Oreolpium semotum

Scientific classification
- Kingdom: Animalia
- Phylum: Arthropoda
- Subphylum: Chelicerata
- Class: Arachnida
- Order: Pseudoscorpiones
- Family: Garypinidae
- Genus: Oreolpium
- Species: O. semotum
- Binomial name: Oreolpium semotum Harvey & Stahlavsky, 2009

= Oreolpium semotum =

- Genus: Oreolpium
- Species: semotum
- Authority: Harvey & Stahlavsky, 2009

Species of pseudoscorpion

Oreolpium semotum is a species of pseudoscorpion in the Garypinidae family. It was described in 2009 by arachnologists Mark Harvey and Frantisek Stahlavsky.

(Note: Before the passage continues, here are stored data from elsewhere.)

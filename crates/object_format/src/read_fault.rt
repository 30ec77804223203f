//! Why a reader gave no links.

ghost use Rattle.std.specs.Prelude.{◌≡◌};

use std::alloc::AllocError;

/// Why a reader gave no links.
#[derive(Clone, Copy)]
pub enum ReadFault {
    /// A byte is bad, or there is none where one should be, and so many are left from there on.
    Left(usize),
    /// Memory wanted.
    Memory,
}

impl From<usize> for ReadFault {
    ghost use Rattle.object_format.specs.declared.read_fault.ReadFault.TheVariants.{Left};

    ghost from_gives = { λ left fault. fault ≡ Left left };

    fn from(left: usize) -> ReadFault {
        ReadFault::Left(left)
    }
}

impl From<AllocError> for ReadFault {
    ghost use Rattle.object_format.specs.declared.read_fault.ReadFault.TheVariants.{Memory};

    ghost from_gives = { λ _ fault. fault ≡ Memory };

    fn from(_: AllocError) -> ReadFault {
        ReadFault::Memory
    }
}
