//! The links of objects, and the first bad byte of a broken one.

ghost use Rattle.std.specs.Prelude.{◌≡◌, ◌⊎◌, ◌++◌, ℕ, IfOk, IfErr, OnOk, None, Some};
ghost use Rattle.std.specs.Result.{result_err};
ghost use Rattle.object_format.specs.Links.{bad_byte, links_at, links_of};
ghost use Rattle.object_format.specs.Reading.{Finds, parents_of};

use crate::form::{line, tag};
use crate::read_fault::ReadFault;
use crate::tree;
use px_base::{Ids, Kind};
use std::alloc::{AllocError, Global};

/// Why the links of an object were not read.
#[derive(Clone, Copy, Debug, PartialEq, Eq)]
pub enum LinkFault {
    /// The content breaks the form of its kind.
    BadObject {
        /// The place of the first byte that breaks it, from 0, or the length of the content where
        /// it ends too early.
        at: usize,
    },
    /// Memory wanted.
    Memory,
}

// The lines of parents, for as long as the next bytes are one.
fn push_parents(ids: &mut Ids, bytes: &[u8]) -> Result<(), AllocError>
    ensures { OnOk result (ids.new ≡ ids.old ++ parents_of bytes.now) }
{
    let mut rest = bytes;
    while let Ok((parent, more)) = line(b"parent ", rest) {
        ids.push(parent)?;
        rest = more;
    }
    Ok(())
}

// The tree and the parents.
#[tactic(auto, unfolding(crate::specs::Links::links_at))]
fn commit_links(alloc: Global, content: &[u8]) -> Result<Ids, ReadFault>
    ensures { Finds result (links_at Kind.Commit content.now) }
{
    let (tree, rest) = line(b"tree ", content)?;
    let mut ids = Ids::new(alloc);
    ids.push(tree)?;
    push_parents(&mut ids, rest)?;
    Ok(ids)
}

// The object.
#[tactic(auto, unfolding(crate::specs::Links::links_at))]
fn tag_links(alloc: Global, content: &[u8]) -> Result<Ids, ReadFault>
    ensures { Finds result (links_at Kind.Tag content.now) }
{
    let (id, _) = tag(content)?;
    let mut ids = Ids::new(alloc);
    ids.push(id)?;
    Ok(ids)
}

#[tactic(auto, unfolding(crate::specs::Links::links_at))]
fn read(alloc: Global, kind: Kind, content: &[u8]) -> Result<Ids, ReadFault>
    ensures { Finds result (links_at kind content.now) }
{
    match kind {
        Kind::Commit => commit_links(alloc, content),
        Kind::Tree => tree::links(alloc, content),
        Kind::Blob => Ok(Ids::new(alloc)),
        Kind::Tag => tag_links(alloc, content),
    }
}

// How many bytes are left from the first bad one on, where there is one.
#[tactic(auto, unfolding(crate::specs::Links::links_at))]
fn fault(kind: Kind, content: &[u8]) -> Option<usize>
    ensures { result ≡ result_err (links_at kind content.now) }
{
    match kind {
        Kind::Commit => line(b"tree ", content).err(),
        Kind::Tree => tree::fault(content),
        Kind::Blob => None,
        Kind::Tag => tag(content).err(),
    }
}

/// The place of the first byte that breaks the form of the kind, from 0, or the length of the
/// content where it ends too early. `None` where the form is right. Takes no memory.
pub fn check(kind: Kind, content: &[u8]) -> Option<usize>
    ensures { result ≡ bad_byte kind content.now }
{
    match fault(kind, content) {
        Some(left) => Some(content.len() - left),
        None => None,
    }
}

/// The names that an object links to, in order: those of the entries of a tree, but for submodules;
/// the tree and the parents of a commit; the object of a tag; none of a blob. The content is read
/// once, from left to right.
///
/// Nothing is checked beyond the form: not what stands behind the lines of a commit or a tag, nor
/// the order of entries, nor what kind a linked object has.
pub fn links(alloc: Global, kind: Kind, content: &[u8]) -> Result<Ids, LinkFault>
    ensures ok { IfOk result (λ ids. (bad_byte kind content.now ≡ None)
        × (ids ≡ links_of kind content.now)) }
    ensures err { IfErr result (λ e. (e ≡ LinkFault.Memory) ⊎ ((at : ℕ)
        × (e ≡ LinkFault.BadObject at) × (bad_byte kind content.now ≡ Some at))) }
{
    match read(alloc, kind, content) {
        Ok(ids) => Ok(ids),
        Err(ReadFault::Left(left)) => Err(LinkFault::BadObject {
            at: content.len() - left,
        }),
        Err(ReadFault::Memory) => Err(LinkFault::Memory),
    }
}
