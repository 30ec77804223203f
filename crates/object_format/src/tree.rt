//! The entries of trees. Each reader gives what stands behind its part, or how many bytes are left
//! from the first bad one on.

ghost use Rattle.std.specs.Prelude.{◌≡◌};
ghost use Rattle.std.specs.Result.{result_err};
ghost use Rattle.object_format.specs.Reading.{Finds, Gives};
ghost use Rattle.object_format.specs.TreeReading.{file_name_at, id_at, in_mode, link_at, mode_at, tree_of};

use crate::read_fault::ReadFault;
use px_base::{Hash, Ids, ObjectId};
use std::alloc::Global;

/// The mode of a submodule, whose object is a commit of another repository.
const SUBMODULE: &[u8] = b"160000";

// An octal digit, at one of the first six places.
fn is_in_mode(place: usize, byte: u8) -> bool
    ensures { result ≡ in_mode place byte }
{
    place < 6 && matches!(byte, b'0'..=b'7')
}

// One to six octal digits, behind which stands a space.
fn mode(bytes: &[u8]) -> Result<(&[u8], &[u8]), usize>
    ensures { Gives (λ parts. (parts.0.now, parts.1.now)) result (mode_at bytes.now) }
{
    for (place, byte) in bytes.iter().enumerate() {
        if is_in_mode(place, *byte) {
            continue;
        }
        if *byte == b' ' && place > 0 {
            return Ok((&bytes[..place], &bytes[place + 1..]));
        }
        return Err(bytes.len() - place);
    }
    Err(0)
}

// A name of at least one byte, behind which stands a NUL.
fn file_name(bytes: &[u8]) -> Result<(&[u8], &[u8]), usize>
    ensures { Gives (λ parts. (parts.0.now, parts.1.now)) result (file_name_at bytes.now) }
{
    for (place, byte) in bytes.iter().enumerate() {
        if *byte != 0 {
            continue;
        }
        if place > 0 {
            return Ok((&bytes[..place], &bytes[place + 1..]));
        }
        return Err(bytes.len() - place);
    }
    Err(0)
}

// The 20 bytes of a name.
#[tactic(auto, unfolding(crate::specs::TreeReading::id_at))]
fn id(bytes: &[u8]) -> Result<(ObjectId, &[u8]), usize>
    ensures { Gives (λ read. (read.0, read.1.now)) result (id_at bytes.now) }
{
    match bytes.split_first_chunk::<20>() {
        Some((id, rest)) => Ok((Hash(*id), rest)),
        None => Err(0),
    }
}

/// The link of the first entry, if it has one, and what stands behind the entry.
#[tactic(auto, unfolding(crate::specs::TreeReading::entry_at))]
pub fn link(bytes: &[u8]) -> Result<(Option<ObjectId>, &[u8]), usize>
    ensures { Gives (λ read. (read.0, read.1.now)) result (link_at bytes.now) }
{
    let (mode, rest) = mode(bytes)?;
    let (_, rest) = file_name(rest)?;
    let (id, rest) = id(rest)?;
    let link = if mode == SUBMODULE { None } else { Some(id) };
    Ok((link, rest))
}

/// How many bytes are left from the first bad one on, where there is one.
pub fn fault(content: &[u8]) -> Option<usize>
    ensures { result ≡ result_err (tree_of content.now) }
{
    let mut rest = content;
    while !rest.is_empty() {
        match link(rest) {
            Ok((_, more)) => rest = more,
            Err(left) => return Some(left),
        }
    }
    None
}

/// The links of all entries, in order.
pub fn links(alloc: Global, content: &[u8]) -> Result<Ids, ReadFault>
    ensures { Finds result (tree_of content.now) }
{
    let mut ids = Ids::new(alloc);
    let mut rest = content;
    while !rest.is_empty() {
        let (link, more) = link(rest)?;
        if let Some(id) = link {
            ids.push(id)?;
        }
        rest = more;
    }
    Ok(ids)
}
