//! Git's objects as bytes: their names, the forms of the four kinds, and what they link to.
#![tactic(auto)]

mod form;
mod kinds;
mod laws;
mod name;
mod read_fault;
mod tree;

pub use kinds::{LinkFault, check, links};
pub use laws::{a_fault_is_the_first_bad_byte, what_is_read_is_spelled};
pub use name::name_of;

The specific epithet semotum (Latin: 'distant' or 'far-off') refers to the wide geographical separation of the two known species in the genus.

==Description==
The body length of the male holotype is 2.48 mm; that of the female paratype 3.23 mm. The colour is generally very pale, with the pedipalps and front of the carapace slightly darker.

==Distribution and habitat==
The species occurs in Tasmania. The type locality is The Needles Picnic Ground in Southwest National Park, where the pseudoscorpions were found under tree bark.

==Behaviour==
The pseudoscorpions are terrestrial predators.